## What the task requires:
Please print the data again exactly as given.

________________

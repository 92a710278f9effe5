//! Laws of the definitions, each the one clause of a function that does nothing.
ghost use Rattle.std.specs.Prelude.{◌≡◌, ◌⊎◌, All};
ghost use Rattle.fault_definitions.specs.Tree.{FaultTree};
ghost use Rattle.fault_definitions.specs.WellFormed.{IsTree};
ghost use Rattle.fault_words.specs.declared.place.Place.{Place};
ghost use Rattle.galileo_tree.specs.ReadTree.{KeepsForm, ReadTree};
ghost use Rattle.tree_check.specs.Checked.{IsFaultless, IsFirstFault, Stands};
ghost use Rattle.tree_check.specs.declared.fault.CheckCode.{CheckCode};

/// The statements of a text stand for at most one tree.
pub fn statements_have_one_tree()
    ensures { (read : ReadTree) (tree other : FaultTree) → Stands read tree → IsTree tree → Stands read other
        → IsTree other → tree ≡ other }
{}

/// They have at most one first fault.
pub fn statements_have_one_first_fault()
    ensures { (read : ReadTree) (code other : CheckCode) (place there : Place) → IsFirstFault read code place
        → IsFirstFault read other there
        → (code ≡ other) × (place ≡ there) }
{}

/// Statements that stand for a tree have no fault.
pub fn tree_or_fault()
    ensures { (read : ReadTree) (code : CheckCode) (place : Place) → IsFaultless read → ¬ IsFirstFault read code place }
{}

/// Statements that keep the form of their spelling stand for a tree, or have a first fault.
pub fn some_tree_or_some_fault()
    ensures { (read : ReadTree) → All KeepsForm read.statements
        → ((tree : FaultTree) × Stands read tree × IsTree tree)
        ⊎ ((code : CheckCode) × (place : Place) × IsFirstFault read code place) }
{}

________________

## Reply:
repository 92a710278f9effe5
//! Laws of the definitions, each the one clause of a function that does nothing.
ghost use Rattle.std.specs.Prelude.{◌≡◌, ◌⊎◌, All};
ghost use Rattle.fault_definitions.specs.Tree.{FaultTree};
ghost use Rattle.fault_definitions.specs.WellFormed.{IsTree};
ghost use Rattle.fault_words.specs.declared.place.Place.{Place};
ghost use Rattle.galileo_tree.specs.ReadTree.{KeepsForm, ReadTree};
ghost use Rattle.tree_check.specs.Checked.{IsFaultless, IsFirstFault, Stands};
ghost use Rattle.tree_check.specs.declared.fault.CheckCode.{CheckCode};

/// The statements of a text stand for at most one tree.
pub fn statements_have_one_tree()
    ensures { (read : ReadTree) (tree other : FaultTree) → Stands read tree → IsTree tree → Stands read other
        → IsTree other → tree ≡ other }
{}

/// They have at most one first fault.
pub fn statements_have_one_first_fault()
    ensures { (read : ReadTree) (code other : CheckCode) (place there : Place) → IsFirstFault read code place
        → IsFirstFault read other there
        → (code ≡ other) × (place ≡ there) }
{}

/// Statements that stand for a tree have no fault.
pub fn tree_or_fault()
    ensures { (read : ReadTree) (code : CheckCode) (place : Place) → IsFaultless read → ¬ IsFirstFault read code place }
{}

/// Statements that keep the form of their spelling stand for a tree, or have a first fault.
pub fn some_tree_or_some_fault()
    ensures { (read : ReadTree) → All KeepsForm read.statements
        → ((tree : FaultTree) × Stands read tree × IsTree tree)
        ⊎ ((code : CheckCode) × (place : Place) × IsFirstFault read code place) }
{}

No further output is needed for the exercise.